WHAT YOU NEED TO DO: Repeat, exactly as written, the lines of the records below from the first through the line with "at ≤ length", but none past it.
╭──
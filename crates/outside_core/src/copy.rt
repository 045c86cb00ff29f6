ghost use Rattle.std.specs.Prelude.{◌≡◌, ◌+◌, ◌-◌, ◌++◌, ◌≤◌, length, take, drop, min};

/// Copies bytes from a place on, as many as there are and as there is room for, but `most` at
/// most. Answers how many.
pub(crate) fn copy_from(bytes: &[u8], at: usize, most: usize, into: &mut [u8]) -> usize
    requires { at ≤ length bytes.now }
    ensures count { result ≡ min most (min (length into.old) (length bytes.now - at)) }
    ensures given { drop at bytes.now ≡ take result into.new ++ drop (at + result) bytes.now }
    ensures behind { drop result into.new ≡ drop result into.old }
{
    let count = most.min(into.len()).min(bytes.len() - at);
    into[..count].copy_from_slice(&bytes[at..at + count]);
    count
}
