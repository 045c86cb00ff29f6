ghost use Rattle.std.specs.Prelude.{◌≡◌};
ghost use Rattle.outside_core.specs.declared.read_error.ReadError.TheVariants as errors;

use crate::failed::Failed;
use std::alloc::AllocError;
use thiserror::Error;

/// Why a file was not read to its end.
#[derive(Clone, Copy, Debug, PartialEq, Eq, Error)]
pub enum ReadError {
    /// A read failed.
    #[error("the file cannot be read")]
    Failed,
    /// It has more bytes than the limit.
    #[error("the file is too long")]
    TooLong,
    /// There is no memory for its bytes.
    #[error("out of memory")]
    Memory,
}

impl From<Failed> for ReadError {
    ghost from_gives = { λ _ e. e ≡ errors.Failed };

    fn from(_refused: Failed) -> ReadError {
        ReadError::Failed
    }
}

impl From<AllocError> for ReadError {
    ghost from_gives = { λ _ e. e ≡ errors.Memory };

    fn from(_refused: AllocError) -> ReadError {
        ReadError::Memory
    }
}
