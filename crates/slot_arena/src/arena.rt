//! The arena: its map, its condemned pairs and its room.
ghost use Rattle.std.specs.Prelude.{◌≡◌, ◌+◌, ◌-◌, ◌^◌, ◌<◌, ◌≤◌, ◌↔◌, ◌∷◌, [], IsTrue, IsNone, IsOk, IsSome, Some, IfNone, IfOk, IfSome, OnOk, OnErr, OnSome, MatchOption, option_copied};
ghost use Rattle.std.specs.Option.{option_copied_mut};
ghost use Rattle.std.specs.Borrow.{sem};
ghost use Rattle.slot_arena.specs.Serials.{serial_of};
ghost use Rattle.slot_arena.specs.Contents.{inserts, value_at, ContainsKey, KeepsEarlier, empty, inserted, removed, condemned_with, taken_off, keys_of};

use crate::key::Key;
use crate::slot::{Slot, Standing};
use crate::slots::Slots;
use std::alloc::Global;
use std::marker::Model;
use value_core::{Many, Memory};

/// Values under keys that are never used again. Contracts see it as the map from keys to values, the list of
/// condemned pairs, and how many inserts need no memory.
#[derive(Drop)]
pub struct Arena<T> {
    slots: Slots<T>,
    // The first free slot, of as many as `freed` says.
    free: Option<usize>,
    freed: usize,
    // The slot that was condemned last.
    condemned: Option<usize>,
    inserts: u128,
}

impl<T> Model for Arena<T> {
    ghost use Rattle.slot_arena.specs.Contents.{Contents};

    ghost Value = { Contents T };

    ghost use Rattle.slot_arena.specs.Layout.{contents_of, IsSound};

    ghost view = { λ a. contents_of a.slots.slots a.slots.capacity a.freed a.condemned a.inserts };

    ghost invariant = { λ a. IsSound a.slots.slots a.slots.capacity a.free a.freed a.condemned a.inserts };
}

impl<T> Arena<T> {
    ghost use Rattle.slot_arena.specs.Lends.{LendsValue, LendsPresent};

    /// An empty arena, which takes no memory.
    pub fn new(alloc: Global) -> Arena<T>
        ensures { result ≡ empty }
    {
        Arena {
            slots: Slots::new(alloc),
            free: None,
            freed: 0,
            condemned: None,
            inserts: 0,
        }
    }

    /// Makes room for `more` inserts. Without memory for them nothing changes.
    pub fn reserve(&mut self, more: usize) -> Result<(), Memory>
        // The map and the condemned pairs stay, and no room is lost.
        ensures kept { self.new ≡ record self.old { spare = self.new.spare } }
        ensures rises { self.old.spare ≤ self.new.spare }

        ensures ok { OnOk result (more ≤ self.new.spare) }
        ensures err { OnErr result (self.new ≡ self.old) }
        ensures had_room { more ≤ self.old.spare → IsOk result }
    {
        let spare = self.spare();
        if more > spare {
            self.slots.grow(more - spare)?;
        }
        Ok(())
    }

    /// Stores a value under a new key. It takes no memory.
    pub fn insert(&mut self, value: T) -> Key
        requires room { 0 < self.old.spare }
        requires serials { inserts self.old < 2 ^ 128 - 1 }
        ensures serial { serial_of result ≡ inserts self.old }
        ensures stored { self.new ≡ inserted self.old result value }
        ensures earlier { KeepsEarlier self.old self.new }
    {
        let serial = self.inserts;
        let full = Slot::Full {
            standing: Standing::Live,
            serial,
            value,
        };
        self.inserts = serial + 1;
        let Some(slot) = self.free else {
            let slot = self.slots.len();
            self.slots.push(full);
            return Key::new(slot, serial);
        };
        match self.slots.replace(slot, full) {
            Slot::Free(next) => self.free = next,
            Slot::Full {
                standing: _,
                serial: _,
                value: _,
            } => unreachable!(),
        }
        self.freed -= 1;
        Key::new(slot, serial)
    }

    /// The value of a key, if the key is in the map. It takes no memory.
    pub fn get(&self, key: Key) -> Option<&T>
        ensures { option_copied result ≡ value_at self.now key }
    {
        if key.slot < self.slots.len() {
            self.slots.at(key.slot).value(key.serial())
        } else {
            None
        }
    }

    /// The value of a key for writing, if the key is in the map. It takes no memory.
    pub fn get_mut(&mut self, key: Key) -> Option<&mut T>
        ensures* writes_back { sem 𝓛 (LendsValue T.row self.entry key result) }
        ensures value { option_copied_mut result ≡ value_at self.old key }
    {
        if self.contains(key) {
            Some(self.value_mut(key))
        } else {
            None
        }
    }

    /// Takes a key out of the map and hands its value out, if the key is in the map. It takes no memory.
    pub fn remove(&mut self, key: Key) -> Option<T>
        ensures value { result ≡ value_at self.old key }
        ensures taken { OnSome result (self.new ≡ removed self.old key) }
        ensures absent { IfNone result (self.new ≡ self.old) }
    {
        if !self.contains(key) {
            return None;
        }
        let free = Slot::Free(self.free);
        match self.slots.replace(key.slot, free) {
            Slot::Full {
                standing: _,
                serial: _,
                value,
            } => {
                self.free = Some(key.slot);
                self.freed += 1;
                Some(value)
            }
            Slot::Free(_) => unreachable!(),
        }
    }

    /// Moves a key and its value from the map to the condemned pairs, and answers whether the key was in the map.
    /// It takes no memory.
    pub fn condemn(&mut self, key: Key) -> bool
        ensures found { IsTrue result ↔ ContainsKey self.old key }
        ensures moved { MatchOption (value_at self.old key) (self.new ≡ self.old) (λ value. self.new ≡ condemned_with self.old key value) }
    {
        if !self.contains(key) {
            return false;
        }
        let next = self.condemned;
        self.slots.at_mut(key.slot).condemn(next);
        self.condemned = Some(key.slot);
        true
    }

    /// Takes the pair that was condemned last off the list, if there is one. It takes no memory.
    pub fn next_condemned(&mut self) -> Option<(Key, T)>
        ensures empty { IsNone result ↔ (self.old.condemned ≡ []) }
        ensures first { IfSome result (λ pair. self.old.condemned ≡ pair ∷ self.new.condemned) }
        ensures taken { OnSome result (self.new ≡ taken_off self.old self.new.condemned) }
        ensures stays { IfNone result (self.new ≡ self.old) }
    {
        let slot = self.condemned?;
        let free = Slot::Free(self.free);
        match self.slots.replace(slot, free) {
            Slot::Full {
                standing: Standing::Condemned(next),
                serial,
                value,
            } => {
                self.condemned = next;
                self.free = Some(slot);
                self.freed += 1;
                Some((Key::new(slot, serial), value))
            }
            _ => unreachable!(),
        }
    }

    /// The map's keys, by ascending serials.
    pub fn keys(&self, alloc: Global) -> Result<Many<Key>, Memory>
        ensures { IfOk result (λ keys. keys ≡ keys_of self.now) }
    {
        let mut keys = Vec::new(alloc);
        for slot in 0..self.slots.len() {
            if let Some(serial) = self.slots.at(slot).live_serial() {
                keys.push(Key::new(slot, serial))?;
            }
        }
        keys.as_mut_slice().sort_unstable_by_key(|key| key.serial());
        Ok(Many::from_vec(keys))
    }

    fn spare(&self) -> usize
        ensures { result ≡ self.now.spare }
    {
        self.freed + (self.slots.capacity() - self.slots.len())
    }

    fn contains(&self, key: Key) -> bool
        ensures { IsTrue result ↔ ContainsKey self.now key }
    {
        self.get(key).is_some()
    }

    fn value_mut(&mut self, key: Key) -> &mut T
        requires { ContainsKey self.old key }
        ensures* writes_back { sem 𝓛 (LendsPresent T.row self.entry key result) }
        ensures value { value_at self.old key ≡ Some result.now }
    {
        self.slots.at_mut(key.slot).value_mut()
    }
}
╰──
ANSWER TO THE PROBLEM:
filename crates/outside_core/src/copy.rt
repository 045c86cb00ff29f6
ghost use Rattle.std.specs.Prelude.{◌≡◌, ◌+◌, ◌-◌, ◌++◌, ◌≤◌, length, take, drop, min};

/// Copies bytes from a place on, as many as there are and as there is room for, but `most` at
/// most. Answers how many.
pub(crate) fn copy_from(bytes: &[u8], at: usize, most: usize, into: &mut [u8]) -> usize
    requires { at ≤ length bytes.now }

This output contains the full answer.